CommitLog Recovery with Cassandra

0
votes

I have noted following statement in the Cassandra documentation on commit log archive configuration: https://docs.datastax.com/en/cassandra/3.0/cassandra/configuration/configLogArchive.html

"Restore stops when the first client-supplied timestamp is greater than the restore point timestamp. Because the order in which the database receives mutations does not strictly follow the timestamp order, this can leave some mutations unrecovered."

This statement made us concerned about using point in time recovery based on Cassandra commit logs, since this indicates a point in time recovery will not recover all mutations with timestamp lower than the indicated restore point timestamp if we have mutations out of timestamp order (which we will have).

I tried to verify this behavior via some experiments but have not been able to reproduce this behavior.

I did 2 experiments:

Simple row inserts

Set restore_point_in_time to 1 hour ahead in time. insert 10 rows (using default current timestamp) insert a row using timestamp <2 hours ahead in time> insert 10 rows (using default current timestamp)

Now I killed my cassandra instance making sure it was terminated without having a chance to flush to SS tables.

During startup I could see from cassandra logs that it was doing CommitLog replay.
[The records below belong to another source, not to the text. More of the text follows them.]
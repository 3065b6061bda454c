//! The command line: options, and the types of the columns.
ghost use Rattle.std.specs.List.{AllZip};
ghost use Rattle.std.specs.Prelude.{◌≡◌, ◌∷◌, ◌++◌, [], IfErr, IfOk, OnOk, string_bytes};
ghost use Rattle.std.specs.Str.{trim};
ghost use Rattle.pg_copy.specs.Arguments.{AreRefused, IsLeft, IsNamed, IsRefused, IsRequest, TakesType, first_word};
ghost use Rattle.pg_copy.specs.Arguments.{texts_of, types_of_word, types_of_words};
ghost use Rattle.pg_copy.specs.ColumnTypes.{IsColumnOf};
ghost use Rattle.pg_copy.specs.declared.arguments.ArgumentFault.TheVariants.{Memory};
ghost use Rattle.pg_copy.specs.declared.arguments.RefusedType.{RefusedType};

use crate::columns::{Column, TypeFault};
use crate::type_names::split_at_comma;
use std::alloc::{AllocError, AllocFailed, Global};
use std::error::Error;
use std::fmt;

/// The greatest number of columns of a COPY: it is a signed number of two bytes.
const MAX_COLUMNS: usize = 32_767;

/// What a command line asks for.
#[derive(Debug, Drop)]
pub enum Request {
    /// `--help`.
    Help,
    /// A COPY with these columns, of which there is at least one.
    Copy(Vec<Column>),
}

/// Why a command line is refused.
#[derive(Debug, Drop)]
pub enum ArgumentFault {
    /// No type is given.
    NoType,
    /// There are more types than a COPY can have columns.
    TooManyTypes,
    /// Types that are not those of columns, in their order; there is at least one.
    Types(Vec<RefusedType>),
    /// There is no such option.
    UnknownOption(String),
    /// An allocation failed.
    Memory,
}

/// A type that is not that of a column.
#[derive(Debug, Drop)]
pub struct RefusedType {
    /// The number of its column, counted from 1.
    pub number: usize,
    /// Its name, without the white space around it.
    pub name: String,
    /// Whether it is not taken because a composite type stands within another; otherwise it has no
    /// conversion.
    pub is_nested: bool,
}

impl fmt::Display for RefusedType {
    fn fmt<W: fmt::Write>(&self, f: &mut fmt::Formatter<W>) -> fmt::Result {
        let RefusedType {
            number,
            name,
            is_nested,
        } = self;
        let note = note_on(name.as_str(), *is_nested);
        write!(f, "column {number}: {name}{note}")
    }
}

/// Returns what is told of a type beside its name: what to write instead, where that is known.
fn note_on(name: &str, is_nested: bool) -> &'static str {
    match name {
        _ if is_nested => " (a composite type within another)",
        "" => "no type before a comma",
        "double" | "float" => " (write double precision)",
        _ if name.contains("  ") => " (write one space between words)",
        _ if name.ends_with(" array") => " (write [] after the type of the elements)",
        _ => "",
    }
}

/// What is told before the types that are not taken.
const TYPES: &str = "\
no conversion of these types; an enumerated type is named enum, a domain by its base type, a composite type by its
fields, and any column may be raw, the bytes of its cells; scripts/columns prints the types of a table:";

impl fmt::Display for ArgumentFault {
    fn fmt<W: fmt::Write>(&self, f: &mut fmt::Formatter<W>) -> fmt::Result {
        match self {
            ArgumentFault::NoType => write!(f, "no type is given; --help says how"),
            ArgumentFault::TooManyTypes => write!(f, "more than 32767 types are given"),
            ArgumentFault::Types(types) => {
                write!(f, "{TYPES}")?;
                for ty in types {
                    write!(f, "\n{ty}")?;
                }
                Ok(())
            }
            ArgumentFault::UnknownOption(name) => write!(f, "no option {name}; --help says which"),
            ArgumentFault::Memory => write!(f, "out of memory"),
        }
    }
}

impl Error for ArgumentFault {}

impl From<AllocError> for ArgumentFault {
    ghost from_gives = { λ _ fault. fault ≡ Memory };

    fn from(_error: AllocError) -> ArgumentFault {
        ArgumentFault::Memory
    }
}

impl<T: Drop> From<AllocFailed<T>> for ArgumentFault {
    ghost from_gives = { λ _ fault. fault ≡ Memory };

    fn from(_error: AllocFailed<T>) -> ArgumentFault {
        ArgumentFault::Memory
    }
}

/// Parses the words of a command line, without the name of the program: `--help`, or the types of
/// the columns. A word may have several types with commas between them.
pub fn parse(alloc: Global, words: &[String]) -> Result<Request, ArgumentFault>
    ensures ok { IfOk result (IsRequest words.now) }
    ensures err { IfErr result (IsRefused words.now) }
{
    let first = first_word(words);
    if first == "--help" {
        return Ok(Request::Help);
    }
    if first.starts_with('-') {
        return Err(ArgumentFault::UnknownOption(String::from_str(alloc, first)?));
    }
    let types = types_of(alloc, words)?;
    if types.is_empty() {
        return Err(ArgumentFault::NoType);
    }
    if types.len() > MAX_COLUMNS {
        return Err(ArgumentFault::TooManyTypes);
    }
    Ok(Request::Copy(columns_of(alloc, types.as_slice())?))
}

/// Returns the first word, or an empty text if there is none.
fn first_word(words: &[String]) -> &str
    ensures { result.now ≡ first_word words.now }
{
    match words.first() {
        Some(word) => word.as_str(),
        None => "",
    }
}

/// Returns the types in the words.
fn types_of<'a>(alloc: Global, words: &'a [String]) -> Result<Vec<&'a str>, AllocError>
    ensures { IfOk result (λ types. texts_of types.items ≡ types_of_words words.now) }
{
    let mut types = Vec::new(alloc);
    for word in words {
        push_types(word.as_str(), &mut types)?;
    }
    Ok(types)
}

/// Appends the types in a word. The last one may have a comma after it.
fn push_types<'a>(word: &'a str, types: &mut Vec<&'a str>) -> Result<(), AllocError>
    ensures { OnOk result (texts_of types.new.items ≡ texts_of types.old.items ++ types_of_word word.now) }
{
    let mut rest = not_blank(word);
    while let Some(left) = rest {
        let (ty, after) = split_at_comma(left);
        types.push(ty)?;
        rest = after.and_then(not_blank);
    }
    Ok(())
}

/// Returns the text if it is more than white space.
fn not_blank(text: &str) -> Option<&str>
    ensures { IsLeft text.now result }
{
    if text.trim().is_empty() {
        None
    } else {
        Some(text)
    }
}

/// Returns the columns of the types. Where some are not taken, all of these are told.
fn columns_of(alloc: Global, types: &[&str]) -> Result<Vec<Column>, ArgumentFault>
    ensures ok { IfOk result (λ columns. AllZip IsColumnOf (texts_of types.now) columns.items) }
    ensures err { IfErr result (AreRefused (texts_of types.now)) }
{
    let mut columns = Vec::new(alloc);
    let mut refused = Vec::new(alloc);
    for (place, ty) in types.iter().enumerate() {
        push_type(alloc, place + 1, ty, &mut columns, &mut refused)?;
    }
    if refused.is_empty() {
        Ok(columns)
    } else {
        Err(ArgumentFault::Types(refused))
    }
}

/// Appends the column of the type with this number, or why it has none.
fn push_type(
    alloc: Global,
    number: usize,
    ty: &&str,
    columns: &mut Vec<Column>,
    refused: &mut Vec<RefusedType>,
) -> Result<(), AllocError>
    ensures { OnOk result (TakesType number ty.now.now columns.old.items refused.old.items columns.new.items
        refused.new.items) }
{
    let text = *ty;
    match Column::parse(alloc, text) {
        Ok(column) => Ok(columns.push(column)?),
        Err(TypeFault::Unknown) => push_refused(alloc, number, text, false, refused),
        Err(TypeFault::Nested) => push_refused(alloc, number, text, true, refused),
        Err(TypeFault::Memory) => Err(AllocError),
    }
}

/// Appends a type that is not taken.
fn push_refused(
    alloc: Global,
    number: usize,
    text: &str,
    is_nested: bool,
    refused: &mut Vec<RefusedType>,
) -> Result<(), AllocError>
    ensures { OnOk result ((ty : RefusedType) × IsNamed number text.now is_nested ty
        × (refused.new.items ≡ refused.old.items ++ ty ∷ [])) }
{
    let name = trimmed(alloc, text)?;
    Ok(refused.push(RefusedType {
        number,
        name,
        is_nested,
    })?)
}

/// Copies the text without the white space around it.
fn trimmed(alloc: Global, text: &str) -> Result<String, AllocError>
    ensures { IfOk result (λ copy. string_bytes copy ≡ trim text.now) }
{
    String::from_str(alloc, text.trim())
}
After replay I queried by table and could see that 20 rows had been recovered but the one with the timestamp ahead of time was not inserted. Though here based on the documentation I would have expected that only the first 10 rows had been inserted. I verified in casssandra log that CommitLog replay had been done.

Larger CommitLog split experiment

I wanted to see if the documented feature then was working over a commitlog split/rollover.
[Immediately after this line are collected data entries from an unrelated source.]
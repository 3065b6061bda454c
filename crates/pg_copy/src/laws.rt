//! What equality means, each as a function whose contract states it.
ghost use Rattle.std.specs.Prelude.{◌≡◌, ◌↔◌, IsTrue};

use crate::columns::TypeFault;
use crate::copy_fault::Row;
use crate::types::Base;

/// Whether two types of values are equal: the same variant.
pub fn same_base(a: &Base, b: &Base) -> bool
    ensures { IsTrue result ↔ (a.now ≡ b.now) }
{
    *a == *b
}

/// Whether two rows are equal: both tuples or both lines, with the same number.
pub fn same_row(a: &Row, b: &Row) -> bool
    ensures { IsTrue result ↔ (a.now ≡ b.now) }
{
    *a == *b
}

/// Whether two faults of a type are equal: the same variant.
pub fn same_type_fault(a: &TypeFault, b: &TypeFault) -> bool
    ensures { IsTrue result ↔ (a.now ≡ b.now) }
{
    *a == *b
}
So I set commitlog_segment_size_in_mb to 1 MB to cause the commitlog to rollover more frequently instead of the 32MB default. I then ran a script to mass insert rows to force the commit log to split.

So the results here was that I inserted 12000 records, then inserted a record with a timestamp ahead of my restore_point_in_time then I inserted 8000 records afterwards.

At about 13200 rows my commitlog rolled over to a new file. I then again killed my cassandra instance and restarted. Again I could see in the log that CommitLog replay was being done and after replay I could see that all rows except the single row with timestamp ahead of restore_point_in_time was recovered.

Notes

I did similar experiments using commitlog_sync batch option and also to make sure my rows had not been flushed to SSTables I tried restoring snapshot with empty tables before starting up cassandra to make it perform commitlog replay. In all cases I got the same results.

I guess my question is if the statement in the documentation is still valid? or maybe I'm missing something in my experiments?

Any help would be greatly appreciated ? I need an answer for this to be able to conclude on a backup/recovery mechanism we want to implement in a larger scale cassandra cluster setup.

All experiments where done using Cassandra 3.11 (single-node-setup) in a Docker container (the official cassandra docker image). I ran the experiments on the image "from-scratch" so no changes in configs where done other than what I included in the description here.

1
databasecassandracassandra-3.0

1 Answers

0
votes

I think that it will be relatively hard to reproduce, as you'll need to make sure that some of the mutations come later than other, and this may happen mostly when some clients has not synchronized clocks, or nodes are overloaded, and then hints are replayed some time later, etc.

But this parameter may not be required at all - if you look into CommitLogArchiver.java, then you can see that if this parameter is not specified, then it's set to the Long.MAX, meaning that there is no upper bound and all commit logs will be replayed, and then Cassandra will handle it standard way: "the latest timestamp wins".